[Input]
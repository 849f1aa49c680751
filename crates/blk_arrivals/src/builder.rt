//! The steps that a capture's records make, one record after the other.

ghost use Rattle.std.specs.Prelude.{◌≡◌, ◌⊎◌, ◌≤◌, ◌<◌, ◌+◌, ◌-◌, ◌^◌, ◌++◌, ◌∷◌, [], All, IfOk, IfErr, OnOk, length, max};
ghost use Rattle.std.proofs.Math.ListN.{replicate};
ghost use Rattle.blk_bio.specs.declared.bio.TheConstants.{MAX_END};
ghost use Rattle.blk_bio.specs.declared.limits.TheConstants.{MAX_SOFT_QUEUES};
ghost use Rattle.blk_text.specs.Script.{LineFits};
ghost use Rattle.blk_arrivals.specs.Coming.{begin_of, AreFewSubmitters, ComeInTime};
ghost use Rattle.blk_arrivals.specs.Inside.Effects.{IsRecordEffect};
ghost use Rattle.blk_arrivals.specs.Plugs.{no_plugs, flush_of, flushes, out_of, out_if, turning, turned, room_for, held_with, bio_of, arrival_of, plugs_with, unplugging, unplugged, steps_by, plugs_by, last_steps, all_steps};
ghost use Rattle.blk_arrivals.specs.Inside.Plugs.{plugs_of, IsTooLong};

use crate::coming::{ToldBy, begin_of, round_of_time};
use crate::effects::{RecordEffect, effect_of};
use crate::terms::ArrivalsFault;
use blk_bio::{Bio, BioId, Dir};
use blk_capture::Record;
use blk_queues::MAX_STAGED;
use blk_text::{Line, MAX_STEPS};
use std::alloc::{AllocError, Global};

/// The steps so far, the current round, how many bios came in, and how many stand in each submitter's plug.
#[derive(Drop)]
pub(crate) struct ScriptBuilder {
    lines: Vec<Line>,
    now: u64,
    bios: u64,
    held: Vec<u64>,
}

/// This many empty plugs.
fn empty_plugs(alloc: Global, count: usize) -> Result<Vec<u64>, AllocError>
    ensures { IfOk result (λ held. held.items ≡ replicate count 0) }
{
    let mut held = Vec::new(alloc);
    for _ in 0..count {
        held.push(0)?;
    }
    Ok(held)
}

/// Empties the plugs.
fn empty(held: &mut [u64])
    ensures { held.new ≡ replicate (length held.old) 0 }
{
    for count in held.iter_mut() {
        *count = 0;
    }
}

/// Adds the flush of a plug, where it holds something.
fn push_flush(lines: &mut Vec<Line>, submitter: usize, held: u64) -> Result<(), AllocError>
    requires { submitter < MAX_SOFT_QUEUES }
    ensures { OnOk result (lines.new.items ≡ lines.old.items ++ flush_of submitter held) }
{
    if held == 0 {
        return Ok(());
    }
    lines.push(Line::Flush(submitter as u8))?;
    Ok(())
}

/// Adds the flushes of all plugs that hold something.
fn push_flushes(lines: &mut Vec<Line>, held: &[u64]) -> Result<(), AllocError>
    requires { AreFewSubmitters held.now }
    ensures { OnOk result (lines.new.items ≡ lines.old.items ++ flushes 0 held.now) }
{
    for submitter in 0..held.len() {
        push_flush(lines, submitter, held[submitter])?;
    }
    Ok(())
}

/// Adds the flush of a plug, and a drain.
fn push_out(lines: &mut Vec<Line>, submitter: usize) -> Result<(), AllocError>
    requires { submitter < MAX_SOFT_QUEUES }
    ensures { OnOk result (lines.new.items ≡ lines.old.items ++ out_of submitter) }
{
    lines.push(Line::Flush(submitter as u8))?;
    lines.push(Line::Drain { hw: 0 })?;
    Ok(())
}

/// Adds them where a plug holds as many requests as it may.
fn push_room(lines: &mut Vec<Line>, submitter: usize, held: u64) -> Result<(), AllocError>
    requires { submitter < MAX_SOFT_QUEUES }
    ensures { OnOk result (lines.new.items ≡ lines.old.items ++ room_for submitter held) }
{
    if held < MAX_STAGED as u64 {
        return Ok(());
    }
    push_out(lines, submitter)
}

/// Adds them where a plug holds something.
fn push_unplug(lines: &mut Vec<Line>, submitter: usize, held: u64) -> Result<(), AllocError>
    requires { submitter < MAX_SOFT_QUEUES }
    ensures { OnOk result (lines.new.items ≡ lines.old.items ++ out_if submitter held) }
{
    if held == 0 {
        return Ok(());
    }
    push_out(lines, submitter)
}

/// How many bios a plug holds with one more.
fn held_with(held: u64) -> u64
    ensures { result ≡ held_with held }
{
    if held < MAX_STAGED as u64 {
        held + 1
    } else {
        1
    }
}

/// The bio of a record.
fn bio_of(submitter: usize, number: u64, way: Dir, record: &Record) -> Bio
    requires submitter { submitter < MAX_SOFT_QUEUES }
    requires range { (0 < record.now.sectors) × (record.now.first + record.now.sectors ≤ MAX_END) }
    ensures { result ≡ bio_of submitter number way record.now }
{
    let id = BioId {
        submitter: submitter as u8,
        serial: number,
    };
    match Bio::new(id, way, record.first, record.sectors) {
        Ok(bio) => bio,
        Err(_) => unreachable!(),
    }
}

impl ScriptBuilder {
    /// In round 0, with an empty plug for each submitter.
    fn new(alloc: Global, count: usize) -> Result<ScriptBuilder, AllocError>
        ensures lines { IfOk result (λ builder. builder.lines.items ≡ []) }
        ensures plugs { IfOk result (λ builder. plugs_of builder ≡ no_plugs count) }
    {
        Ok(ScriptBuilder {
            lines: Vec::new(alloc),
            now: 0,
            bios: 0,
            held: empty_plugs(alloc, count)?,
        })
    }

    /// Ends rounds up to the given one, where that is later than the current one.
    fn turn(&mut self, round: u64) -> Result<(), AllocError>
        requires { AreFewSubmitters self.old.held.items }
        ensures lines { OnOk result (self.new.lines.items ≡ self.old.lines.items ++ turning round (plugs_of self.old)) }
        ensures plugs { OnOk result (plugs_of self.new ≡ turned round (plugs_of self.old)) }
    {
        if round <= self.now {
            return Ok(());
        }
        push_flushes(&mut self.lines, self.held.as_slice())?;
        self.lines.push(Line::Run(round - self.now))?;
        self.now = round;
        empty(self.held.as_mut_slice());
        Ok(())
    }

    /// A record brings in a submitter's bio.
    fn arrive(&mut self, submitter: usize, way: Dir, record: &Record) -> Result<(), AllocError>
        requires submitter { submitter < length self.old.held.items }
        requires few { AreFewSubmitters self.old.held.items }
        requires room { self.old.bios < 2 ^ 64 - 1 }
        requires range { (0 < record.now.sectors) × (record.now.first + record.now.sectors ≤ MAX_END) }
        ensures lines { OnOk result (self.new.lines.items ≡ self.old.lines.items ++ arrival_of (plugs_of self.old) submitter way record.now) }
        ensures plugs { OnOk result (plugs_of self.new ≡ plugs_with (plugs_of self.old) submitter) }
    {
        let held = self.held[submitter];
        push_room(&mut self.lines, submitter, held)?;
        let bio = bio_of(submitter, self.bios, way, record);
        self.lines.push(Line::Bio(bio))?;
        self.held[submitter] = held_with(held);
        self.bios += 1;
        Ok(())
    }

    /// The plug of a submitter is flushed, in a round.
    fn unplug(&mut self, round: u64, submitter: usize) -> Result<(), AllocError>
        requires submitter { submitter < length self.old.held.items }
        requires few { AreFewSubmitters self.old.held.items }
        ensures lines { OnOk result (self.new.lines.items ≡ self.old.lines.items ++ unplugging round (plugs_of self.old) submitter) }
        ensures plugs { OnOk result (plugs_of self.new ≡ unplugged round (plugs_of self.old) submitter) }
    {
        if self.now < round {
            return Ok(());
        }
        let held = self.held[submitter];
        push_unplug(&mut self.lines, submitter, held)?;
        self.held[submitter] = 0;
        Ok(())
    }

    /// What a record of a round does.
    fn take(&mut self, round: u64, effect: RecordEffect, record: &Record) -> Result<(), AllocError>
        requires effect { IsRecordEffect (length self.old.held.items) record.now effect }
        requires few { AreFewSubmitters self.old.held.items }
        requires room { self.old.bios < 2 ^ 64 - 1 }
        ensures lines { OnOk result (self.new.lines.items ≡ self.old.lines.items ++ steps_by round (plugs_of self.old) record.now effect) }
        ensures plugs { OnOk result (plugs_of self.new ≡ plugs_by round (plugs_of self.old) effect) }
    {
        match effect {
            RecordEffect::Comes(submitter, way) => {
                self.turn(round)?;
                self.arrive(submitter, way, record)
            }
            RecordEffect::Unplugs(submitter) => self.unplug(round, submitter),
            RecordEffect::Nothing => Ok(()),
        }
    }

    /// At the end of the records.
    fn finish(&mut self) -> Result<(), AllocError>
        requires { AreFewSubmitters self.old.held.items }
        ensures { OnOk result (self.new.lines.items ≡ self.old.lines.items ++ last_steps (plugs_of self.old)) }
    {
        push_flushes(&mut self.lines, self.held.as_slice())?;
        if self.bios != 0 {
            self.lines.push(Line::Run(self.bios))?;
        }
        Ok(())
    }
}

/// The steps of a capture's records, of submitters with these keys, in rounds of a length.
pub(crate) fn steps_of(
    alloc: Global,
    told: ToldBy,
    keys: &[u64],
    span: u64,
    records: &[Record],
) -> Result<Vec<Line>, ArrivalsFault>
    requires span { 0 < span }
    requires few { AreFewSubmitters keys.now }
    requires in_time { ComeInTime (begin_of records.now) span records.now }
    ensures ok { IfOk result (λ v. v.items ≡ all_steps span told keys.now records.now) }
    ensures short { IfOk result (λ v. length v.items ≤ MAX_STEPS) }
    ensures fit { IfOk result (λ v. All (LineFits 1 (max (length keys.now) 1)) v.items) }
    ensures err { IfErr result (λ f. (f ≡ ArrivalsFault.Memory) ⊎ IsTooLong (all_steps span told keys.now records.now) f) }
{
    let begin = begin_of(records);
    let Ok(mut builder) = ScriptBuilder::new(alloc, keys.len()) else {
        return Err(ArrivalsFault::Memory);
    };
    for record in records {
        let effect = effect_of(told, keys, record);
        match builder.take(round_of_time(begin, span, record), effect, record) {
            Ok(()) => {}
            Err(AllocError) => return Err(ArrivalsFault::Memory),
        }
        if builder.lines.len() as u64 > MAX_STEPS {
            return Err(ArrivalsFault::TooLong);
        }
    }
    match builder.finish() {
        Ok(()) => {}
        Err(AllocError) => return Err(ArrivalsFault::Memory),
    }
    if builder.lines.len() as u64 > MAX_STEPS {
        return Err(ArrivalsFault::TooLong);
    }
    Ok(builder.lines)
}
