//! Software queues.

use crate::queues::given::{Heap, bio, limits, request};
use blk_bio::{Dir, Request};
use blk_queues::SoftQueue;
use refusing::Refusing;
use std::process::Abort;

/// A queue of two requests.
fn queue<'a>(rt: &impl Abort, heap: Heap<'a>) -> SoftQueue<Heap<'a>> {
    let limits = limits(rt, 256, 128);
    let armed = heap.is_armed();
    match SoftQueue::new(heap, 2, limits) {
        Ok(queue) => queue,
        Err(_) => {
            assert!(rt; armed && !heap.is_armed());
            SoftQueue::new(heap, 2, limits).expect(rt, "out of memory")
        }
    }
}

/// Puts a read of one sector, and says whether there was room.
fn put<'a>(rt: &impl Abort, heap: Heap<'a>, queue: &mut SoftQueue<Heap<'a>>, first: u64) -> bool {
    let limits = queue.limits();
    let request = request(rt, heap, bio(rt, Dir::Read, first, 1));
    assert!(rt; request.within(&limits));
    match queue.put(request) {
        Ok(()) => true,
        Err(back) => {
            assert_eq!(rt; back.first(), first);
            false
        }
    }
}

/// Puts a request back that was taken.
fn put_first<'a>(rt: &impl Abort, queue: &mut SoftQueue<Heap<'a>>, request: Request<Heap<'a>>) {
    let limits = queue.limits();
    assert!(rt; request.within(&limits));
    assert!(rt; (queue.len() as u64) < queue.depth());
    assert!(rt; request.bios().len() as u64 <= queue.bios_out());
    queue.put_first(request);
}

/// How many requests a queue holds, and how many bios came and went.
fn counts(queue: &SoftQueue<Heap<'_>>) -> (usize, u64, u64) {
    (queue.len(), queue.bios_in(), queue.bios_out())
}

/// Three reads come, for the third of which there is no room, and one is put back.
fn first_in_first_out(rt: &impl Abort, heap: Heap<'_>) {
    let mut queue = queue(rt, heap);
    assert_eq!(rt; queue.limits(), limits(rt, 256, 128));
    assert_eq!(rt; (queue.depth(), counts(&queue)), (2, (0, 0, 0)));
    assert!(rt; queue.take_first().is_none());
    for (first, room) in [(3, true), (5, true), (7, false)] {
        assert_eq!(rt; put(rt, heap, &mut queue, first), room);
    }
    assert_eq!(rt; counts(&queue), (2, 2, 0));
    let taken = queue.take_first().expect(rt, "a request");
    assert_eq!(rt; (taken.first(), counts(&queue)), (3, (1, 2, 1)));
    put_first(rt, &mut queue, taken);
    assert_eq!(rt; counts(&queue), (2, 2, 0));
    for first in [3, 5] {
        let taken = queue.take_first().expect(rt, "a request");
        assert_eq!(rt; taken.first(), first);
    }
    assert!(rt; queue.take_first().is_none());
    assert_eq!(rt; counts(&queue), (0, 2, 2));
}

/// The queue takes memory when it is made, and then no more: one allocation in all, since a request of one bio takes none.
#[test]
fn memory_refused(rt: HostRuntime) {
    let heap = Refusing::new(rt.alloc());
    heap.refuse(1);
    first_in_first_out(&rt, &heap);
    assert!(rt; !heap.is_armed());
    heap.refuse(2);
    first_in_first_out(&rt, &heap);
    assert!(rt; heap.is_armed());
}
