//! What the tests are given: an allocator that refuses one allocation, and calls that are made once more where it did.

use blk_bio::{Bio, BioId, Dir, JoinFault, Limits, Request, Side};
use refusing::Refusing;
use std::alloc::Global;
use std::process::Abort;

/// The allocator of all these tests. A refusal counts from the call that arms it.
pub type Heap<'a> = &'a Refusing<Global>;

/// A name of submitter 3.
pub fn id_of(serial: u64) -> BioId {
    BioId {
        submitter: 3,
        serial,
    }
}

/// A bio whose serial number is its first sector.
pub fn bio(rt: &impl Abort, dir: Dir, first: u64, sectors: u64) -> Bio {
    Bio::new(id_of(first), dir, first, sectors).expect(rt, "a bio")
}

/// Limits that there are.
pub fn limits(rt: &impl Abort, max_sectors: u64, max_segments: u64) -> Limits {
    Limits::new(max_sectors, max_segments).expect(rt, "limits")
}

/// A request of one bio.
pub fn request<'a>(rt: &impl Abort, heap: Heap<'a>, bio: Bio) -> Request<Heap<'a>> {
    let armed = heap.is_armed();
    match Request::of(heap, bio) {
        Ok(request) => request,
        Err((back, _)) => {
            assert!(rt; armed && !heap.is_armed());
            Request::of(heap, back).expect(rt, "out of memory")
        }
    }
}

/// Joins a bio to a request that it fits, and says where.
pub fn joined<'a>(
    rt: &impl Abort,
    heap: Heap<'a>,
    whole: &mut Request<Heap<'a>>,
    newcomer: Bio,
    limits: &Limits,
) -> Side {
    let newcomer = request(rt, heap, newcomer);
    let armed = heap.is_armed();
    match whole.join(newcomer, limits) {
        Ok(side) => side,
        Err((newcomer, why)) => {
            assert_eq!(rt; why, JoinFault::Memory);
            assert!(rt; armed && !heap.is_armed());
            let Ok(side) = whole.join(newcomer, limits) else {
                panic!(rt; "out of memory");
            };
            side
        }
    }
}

[Assignment]
Note every line of the records that holds the word "given", and copy it.

[Task solution]
    /// Ends rounds up to the given one, where that is later than the current one.
use crate::queues::given::{Heap, bio, limits, request};
//! What the tests are given: an allocator that refuses one allocation, and calls that are made once more where it did.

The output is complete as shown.